- Task prompt -
Please quote exactly the opening lines of the data, from the first line to the one where "push_class(alloc, text, &told.class)?;" appears.

━━ Material provided

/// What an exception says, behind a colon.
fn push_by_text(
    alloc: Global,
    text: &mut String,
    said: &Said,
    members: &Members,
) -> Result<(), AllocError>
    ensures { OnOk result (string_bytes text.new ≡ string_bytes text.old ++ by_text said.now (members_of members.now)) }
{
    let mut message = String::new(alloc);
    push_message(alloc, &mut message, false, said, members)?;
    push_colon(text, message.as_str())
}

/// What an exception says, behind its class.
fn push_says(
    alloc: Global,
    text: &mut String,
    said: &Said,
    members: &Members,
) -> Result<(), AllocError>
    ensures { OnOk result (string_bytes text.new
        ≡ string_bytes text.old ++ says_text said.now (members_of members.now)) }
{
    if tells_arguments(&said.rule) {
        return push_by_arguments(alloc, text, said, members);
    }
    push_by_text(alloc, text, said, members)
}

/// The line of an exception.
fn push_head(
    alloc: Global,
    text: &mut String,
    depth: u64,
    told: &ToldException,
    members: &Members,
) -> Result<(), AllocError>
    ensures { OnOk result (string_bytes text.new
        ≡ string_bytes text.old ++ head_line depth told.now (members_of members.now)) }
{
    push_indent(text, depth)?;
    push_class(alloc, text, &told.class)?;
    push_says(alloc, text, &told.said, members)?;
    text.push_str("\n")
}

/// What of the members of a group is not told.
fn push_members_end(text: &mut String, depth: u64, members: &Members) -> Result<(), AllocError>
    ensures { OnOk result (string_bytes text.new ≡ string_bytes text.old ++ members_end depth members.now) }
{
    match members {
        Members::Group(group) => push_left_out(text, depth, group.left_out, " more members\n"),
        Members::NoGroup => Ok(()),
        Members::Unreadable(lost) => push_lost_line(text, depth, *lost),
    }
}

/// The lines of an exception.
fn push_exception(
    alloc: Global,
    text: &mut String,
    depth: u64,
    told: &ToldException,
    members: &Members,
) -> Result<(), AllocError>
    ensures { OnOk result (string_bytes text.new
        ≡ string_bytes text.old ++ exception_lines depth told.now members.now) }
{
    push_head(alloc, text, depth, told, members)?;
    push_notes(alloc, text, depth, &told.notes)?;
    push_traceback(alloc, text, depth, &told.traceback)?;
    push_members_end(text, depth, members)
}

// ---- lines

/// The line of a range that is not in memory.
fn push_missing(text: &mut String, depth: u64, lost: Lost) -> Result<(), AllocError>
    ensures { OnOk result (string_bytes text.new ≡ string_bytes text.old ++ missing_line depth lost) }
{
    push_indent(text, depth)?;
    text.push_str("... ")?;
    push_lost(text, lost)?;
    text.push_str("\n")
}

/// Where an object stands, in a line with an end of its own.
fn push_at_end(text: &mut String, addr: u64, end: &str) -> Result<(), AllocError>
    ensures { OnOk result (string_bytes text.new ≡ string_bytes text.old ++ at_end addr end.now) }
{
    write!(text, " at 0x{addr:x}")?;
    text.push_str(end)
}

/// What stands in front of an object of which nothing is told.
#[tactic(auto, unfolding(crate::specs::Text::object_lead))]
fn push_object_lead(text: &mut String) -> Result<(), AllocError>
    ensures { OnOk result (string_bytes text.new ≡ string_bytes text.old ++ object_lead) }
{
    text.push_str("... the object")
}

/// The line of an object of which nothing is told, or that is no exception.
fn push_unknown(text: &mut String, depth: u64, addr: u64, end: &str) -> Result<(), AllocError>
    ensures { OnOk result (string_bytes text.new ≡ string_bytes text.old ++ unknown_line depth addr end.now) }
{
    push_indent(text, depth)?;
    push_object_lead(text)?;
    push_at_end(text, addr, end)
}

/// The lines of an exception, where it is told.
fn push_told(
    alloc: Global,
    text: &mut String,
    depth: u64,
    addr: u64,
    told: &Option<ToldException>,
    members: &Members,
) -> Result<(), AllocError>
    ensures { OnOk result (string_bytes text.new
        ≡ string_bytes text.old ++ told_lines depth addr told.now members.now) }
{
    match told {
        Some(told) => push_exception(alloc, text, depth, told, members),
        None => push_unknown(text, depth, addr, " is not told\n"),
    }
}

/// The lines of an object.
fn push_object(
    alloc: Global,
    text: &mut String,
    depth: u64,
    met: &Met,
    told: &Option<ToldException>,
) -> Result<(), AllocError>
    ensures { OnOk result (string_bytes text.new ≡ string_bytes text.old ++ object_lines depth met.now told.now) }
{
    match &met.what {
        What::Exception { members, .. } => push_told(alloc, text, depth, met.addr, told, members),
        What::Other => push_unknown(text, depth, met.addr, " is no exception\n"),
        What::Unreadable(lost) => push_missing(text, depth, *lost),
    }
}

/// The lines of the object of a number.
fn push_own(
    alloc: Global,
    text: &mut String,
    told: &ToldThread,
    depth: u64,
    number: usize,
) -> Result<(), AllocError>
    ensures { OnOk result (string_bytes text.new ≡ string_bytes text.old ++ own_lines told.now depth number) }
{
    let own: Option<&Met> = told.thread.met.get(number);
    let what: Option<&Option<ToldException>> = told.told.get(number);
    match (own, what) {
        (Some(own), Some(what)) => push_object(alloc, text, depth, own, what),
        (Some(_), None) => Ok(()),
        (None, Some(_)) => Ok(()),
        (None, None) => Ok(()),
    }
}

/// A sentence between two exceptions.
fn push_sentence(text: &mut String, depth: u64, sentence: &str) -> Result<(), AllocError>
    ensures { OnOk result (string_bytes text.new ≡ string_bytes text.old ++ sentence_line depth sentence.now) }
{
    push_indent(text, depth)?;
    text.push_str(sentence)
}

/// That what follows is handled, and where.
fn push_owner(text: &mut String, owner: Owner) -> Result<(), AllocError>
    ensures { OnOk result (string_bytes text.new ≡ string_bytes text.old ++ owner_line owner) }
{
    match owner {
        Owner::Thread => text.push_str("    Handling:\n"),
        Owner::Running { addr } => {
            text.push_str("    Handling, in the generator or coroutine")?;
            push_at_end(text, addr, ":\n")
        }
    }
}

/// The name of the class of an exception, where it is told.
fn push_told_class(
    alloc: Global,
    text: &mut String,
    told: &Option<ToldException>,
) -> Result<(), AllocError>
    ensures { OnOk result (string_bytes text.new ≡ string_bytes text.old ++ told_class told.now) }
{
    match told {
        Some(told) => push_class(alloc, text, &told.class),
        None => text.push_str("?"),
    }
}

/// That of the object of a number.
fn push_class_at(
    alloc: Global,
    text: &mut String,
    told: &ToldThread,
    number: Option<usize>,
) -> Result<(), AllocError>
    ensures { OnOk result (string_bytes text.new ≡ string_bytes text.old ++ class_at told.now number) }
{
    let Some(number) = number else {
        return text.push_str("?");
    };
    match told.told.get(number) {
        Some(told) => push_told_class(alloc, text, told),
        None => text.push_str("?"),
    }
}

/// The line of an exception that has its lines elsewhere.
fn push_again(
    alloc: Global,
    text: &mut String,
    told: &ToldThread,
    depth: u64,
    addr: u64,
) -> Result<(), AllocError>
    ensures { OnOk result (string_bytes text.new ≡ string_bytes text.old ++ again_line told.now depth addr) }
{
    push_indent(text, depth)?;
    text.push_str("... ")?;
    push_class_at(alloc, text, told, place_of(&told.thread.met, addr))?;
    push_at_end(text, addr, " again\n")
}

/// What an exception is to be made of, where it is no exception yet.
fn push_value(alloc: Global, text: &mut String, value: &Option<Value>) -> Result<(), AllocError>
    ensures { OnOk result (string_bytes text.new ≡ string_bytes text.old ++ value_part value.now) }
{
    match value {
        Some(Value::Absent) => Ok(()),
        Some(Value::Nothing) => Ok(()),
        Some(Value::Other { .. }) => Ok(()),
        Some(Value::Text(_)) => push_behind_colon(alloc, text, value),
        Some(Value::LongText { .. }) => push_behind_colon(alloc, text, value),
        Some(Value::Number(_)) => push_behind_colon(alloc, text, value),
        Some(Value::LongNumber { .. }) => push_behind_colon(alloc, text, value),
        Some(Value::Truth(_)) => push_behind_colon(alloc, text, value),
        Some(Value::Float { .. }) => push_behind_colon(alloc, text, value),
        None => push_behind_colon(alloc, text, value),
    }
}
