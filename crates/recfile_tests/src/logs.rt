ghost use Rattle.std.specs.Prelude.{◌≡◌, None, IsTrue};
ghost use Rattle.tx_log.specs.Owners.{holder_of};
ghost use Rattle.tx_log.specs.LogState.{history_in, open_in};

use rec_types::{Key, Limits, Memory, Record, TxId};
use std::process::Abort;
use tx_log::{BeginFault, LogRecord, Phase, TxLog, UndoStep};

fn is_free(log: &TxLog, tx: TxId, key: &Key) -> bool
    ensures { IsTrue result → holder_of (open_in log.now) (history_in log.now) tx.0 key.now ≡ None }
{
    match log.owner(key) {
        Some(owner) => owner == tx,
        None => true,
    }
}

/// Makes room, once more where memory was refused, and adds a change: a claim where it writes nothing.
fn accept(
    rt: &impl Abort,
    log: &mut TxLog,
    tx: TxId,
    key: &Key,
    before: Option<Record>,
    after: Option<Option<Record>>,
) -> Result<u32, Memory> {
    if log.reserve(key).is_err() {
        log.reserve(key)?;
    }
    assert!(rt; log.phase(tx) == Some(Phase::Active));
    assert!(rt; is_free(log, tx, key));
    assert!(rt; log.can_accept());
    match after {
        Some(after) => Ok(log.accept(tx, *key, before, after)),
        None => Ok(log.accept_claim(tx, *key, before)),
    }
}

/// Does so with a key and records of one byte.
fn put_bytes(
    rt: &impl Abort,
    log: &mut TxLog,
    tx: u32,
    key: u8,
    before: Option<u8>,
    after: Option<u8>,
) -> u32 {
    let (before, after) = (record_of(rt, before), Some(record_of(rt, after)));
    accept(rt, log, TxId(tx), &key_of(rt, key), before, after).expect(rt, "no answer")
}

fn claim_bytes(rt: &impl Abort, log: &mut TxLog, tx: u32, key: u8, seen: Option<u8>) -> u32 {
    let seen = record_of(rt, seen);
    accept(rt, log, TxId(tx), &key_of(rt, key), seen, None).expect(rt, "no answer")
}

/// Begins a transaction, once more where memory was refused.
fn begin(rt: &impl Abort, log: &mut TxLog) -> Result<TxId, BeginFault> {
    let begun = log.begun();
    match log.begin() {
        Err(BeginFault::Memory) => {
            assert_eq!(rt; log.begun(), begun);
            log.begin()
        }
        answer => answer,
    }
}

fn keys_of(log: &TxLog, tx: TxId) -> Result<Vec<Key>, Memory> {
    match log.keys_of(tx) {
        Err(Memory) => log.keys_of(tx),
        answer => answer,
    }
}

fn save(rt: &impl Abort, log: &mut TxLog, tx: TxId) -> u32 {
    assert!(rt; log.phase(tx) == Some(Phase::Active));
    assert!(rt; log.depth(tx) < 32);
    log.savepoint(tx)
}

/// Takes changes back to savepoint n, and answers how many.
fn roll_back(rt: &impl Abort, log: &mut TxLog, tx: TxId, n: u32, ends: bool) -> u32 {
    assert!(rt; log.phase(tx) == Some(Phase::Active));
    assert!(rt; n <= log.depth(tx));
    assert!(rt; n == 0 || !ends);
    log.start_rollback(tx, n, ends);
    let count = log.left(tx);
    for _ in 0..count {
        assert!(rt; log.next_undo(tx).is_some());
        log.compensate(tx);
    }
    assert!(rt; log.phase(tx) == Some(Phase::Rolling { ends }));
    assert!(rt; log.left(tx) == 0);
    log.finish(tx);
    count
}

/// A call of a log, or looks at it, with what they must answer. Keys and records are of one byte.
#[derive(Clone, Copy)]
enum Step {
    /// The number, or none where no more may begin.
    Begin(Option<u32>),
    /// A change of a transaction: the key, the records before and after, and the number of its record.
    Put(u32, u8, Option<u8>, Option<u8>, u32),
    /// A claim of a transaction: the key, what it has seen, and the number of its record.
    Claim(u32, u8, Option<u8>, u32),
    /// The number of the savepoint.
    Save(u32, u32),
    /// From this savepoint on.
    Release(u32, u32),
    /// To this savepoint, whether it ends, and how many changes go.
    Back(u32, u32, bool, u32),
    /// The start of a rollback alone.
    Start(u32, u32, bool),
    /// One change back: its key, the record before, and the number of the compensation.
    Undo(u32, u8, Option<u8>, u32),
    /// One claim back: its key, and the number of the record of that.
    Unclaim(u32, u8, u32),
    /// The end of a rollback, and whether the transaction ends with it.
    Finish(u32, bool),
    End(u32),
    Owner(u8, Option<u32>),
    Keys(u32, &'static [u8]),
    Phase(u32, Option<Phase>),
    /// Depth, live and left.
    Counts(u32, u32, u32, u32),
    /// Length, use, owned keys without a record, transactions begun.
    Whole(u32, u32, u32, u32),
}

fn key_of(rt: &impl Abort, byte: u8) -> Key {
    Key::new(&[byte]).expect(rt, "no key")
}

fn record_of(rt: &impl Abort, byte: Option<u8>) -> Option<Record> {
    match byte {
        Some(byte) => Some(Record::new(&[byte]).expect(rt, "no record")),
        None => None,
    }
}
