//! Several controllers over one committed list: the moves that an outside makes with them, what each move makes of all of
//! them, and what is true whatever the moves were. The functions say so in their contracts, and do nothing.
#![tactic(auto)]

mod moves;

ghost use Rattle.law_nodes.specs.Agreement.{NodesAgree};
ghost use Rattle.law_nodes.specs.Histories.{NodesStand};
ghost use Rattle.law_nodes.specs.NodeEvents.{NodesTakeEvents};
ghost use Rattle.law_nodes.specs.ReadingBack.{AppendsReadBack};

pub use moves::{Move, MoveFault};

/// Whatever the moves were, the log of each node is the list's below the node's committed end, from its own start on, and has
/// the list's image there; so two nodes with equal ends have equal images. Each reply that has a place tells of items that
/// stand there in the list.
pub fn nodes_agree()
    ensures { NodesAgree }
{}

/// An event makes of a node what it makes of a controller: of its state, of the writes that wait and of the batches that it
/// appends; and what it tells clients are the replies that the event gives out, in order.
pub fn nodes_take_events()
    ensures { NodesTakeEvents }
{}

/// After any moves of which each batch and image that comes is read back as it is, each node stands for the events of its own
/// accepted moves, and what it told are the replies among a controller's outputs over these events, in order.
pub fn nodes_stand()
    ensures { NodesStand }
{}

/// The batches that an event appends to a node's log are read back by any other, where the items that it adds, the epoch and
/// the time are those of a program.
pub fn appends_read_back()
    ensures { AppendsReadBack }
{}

━━━━

- Answer box -
/// What an exception says, behind a colon.
fn push_by_text(
    alloc: Global,
    text: &mut String,
    said: &Said,
    members: &Members,
) -> Result<(), AllocError>
    ensures { OnOk result (string_bytes text.new ≡ string_bytes text.old ++ by_text said.now (members_of members.now)) }
{
    let mut message = String::new(alloc);
    push_message(alloc, &mut message, false, said, members)?;
    push_colon(text, message.as_str())
}

/// What an exception says, behind its class.
fn push_says(
    alloc: Global,
    text: &mut String,
    said: &Said,
    members: &Members,
) -> Result<(), AllocError>
    ensures { OnOk result (string_bytes text.new
        ≡ string_bytes text.old ++ says_text said.now (members_of members.now)) }
{
    if tells_arguments(&said.rule) {
        return push_by_arguments(alloc, text, said, members);
    }
    push_by_text(alloc, text, said, members)
}

/// The line of an exception.
fn push_head(
    alloc: Global,
    text: &mut String,
    depth: u64,
    told: &ToldException,
    members: &Members,
) -> Result<(), AllocError>
    ensures { OnOk result (string_bytes text.new
        ≡ string_bytes text.old ++ head_line depth told.now (members_of members.now)) }
{
    push_indent(text, depth)?;
    push_class(alloc, text, &told.class)?;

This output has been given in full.